Tesla ha marcado un punto de quiebre en su historia reciente al retirar Autopilot como equipamiento estándar en los nuevos Model 3 y Model Y vendidos en Estados Unidos y Canadá. La decisión se da en medio de presiones judiciales, cuestionamientos regulatorios y un giro estratégico que prioriza suscripciones, software y el negocio del robotaxi.

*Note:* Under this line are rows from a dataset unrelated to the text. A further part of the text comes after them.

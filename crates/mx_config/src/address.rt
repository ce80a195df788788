// IPv4 addresses, with and without a port.
ghost use Rattle.std.specs.Prelude.{◌≡◌};
ghost use Rattle.mx_config.specs.Address.{ipv4, address};

use mx_base::{Address, four_pieces, read_number_to, two_pieces};

/// The address that `a.b.c.d:port` spells, None where the text isn't of that form.
#[tactic(auto, unfolding(crate::specs::Address::address))]
pub(crate) fn read_address(text: &[u8]) -> Option<Address>
    ensures { result ≡ address text.now }
{
    let (host, port) = two_pieces(b":", Some(text))?;
    let ip = read_ipv4(host)?;
    let port = read_number_to(65_535, port)? as u16;
    Some(Address { ip, port })
}

/// The four numbers that `a.b.c.d` spells, None where the text isn't of that form.
#[tactic(auto, unfolding(crate::specs::Address::ipv4))]
pub(crate) fn read_ipv4(text: &[u8]) -> Option<[u8; 4]>
    ensures { result ≡ ipv4 text.now }
{
    let (a, b, c, d) = four_pieces(b".", Some(text))?;
    let a = read_number_to(255, a)? as u8;
    let b = read_number_to(255, b)? as u8;
    let c = read_number_to(255, c)? as u8;
    let d = read_number_to(255, d)? as u8;
    Some([a, b, c, d])
}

El sistema Autopilot, presentado en 2014 como una avanzada asistencia a la conducción, deja de venir incluido de serie y se reduce el equipamiento base al control de crucero adaptativo. Funciones como el centrado automático en el carril pasan a formar parte exclusivamente del paquete Full Self-Driving (FSD) Supervised, disponible únicamente mediante suscripción mensual.
Tesla fijó el precio del FSD en 99 dólares al mes y confirmó que eliminará la opción de compra única de 8.000 dólares a partir del 14 de febrero de 2026, empujando a los usuarios a un modelo de ingresos recurrentes. Este cambio refuerza la visión de la compañía como una empresa centrada en inteligencia artificial y software, más que en la fabricación tradicional de vehículos.
El movimiento coincide con un escenario regulatorio tenso en California, donde el Departamento de Vehículos Motorizados (DMV) concluyó que el uso del término “Autopilot” podría resultar engañoso para los consumidores. La advertencia incluye la posibilidad de suspender la licencia de venta de Tesla por 30 días si no se ajusta el lenguaje comercial.
Tesla redefine su negocio: menos autos, más software

Mientras California endurece su postura, Tesla utiliza Austin, Texas, como vitrina tecnológica. Allí avanza con pruebas de su servicio de robotaxi, operando vehículos sin conductor humano a bordo, aunque bajo supervisión remota. El contraste refuerza la narrativa de la compañía: menos promesas polémicas y más foco en monetizar su ecosistema digital.
La eliminación de Autopilot como estándar no solo redefine la experiencia de compra; sino que confirma una transición profunda en el modelo de negocio de Tesla; donde la suscripción sustituye a la promesa y el robotaxi se posiciona como el próximo gran salto.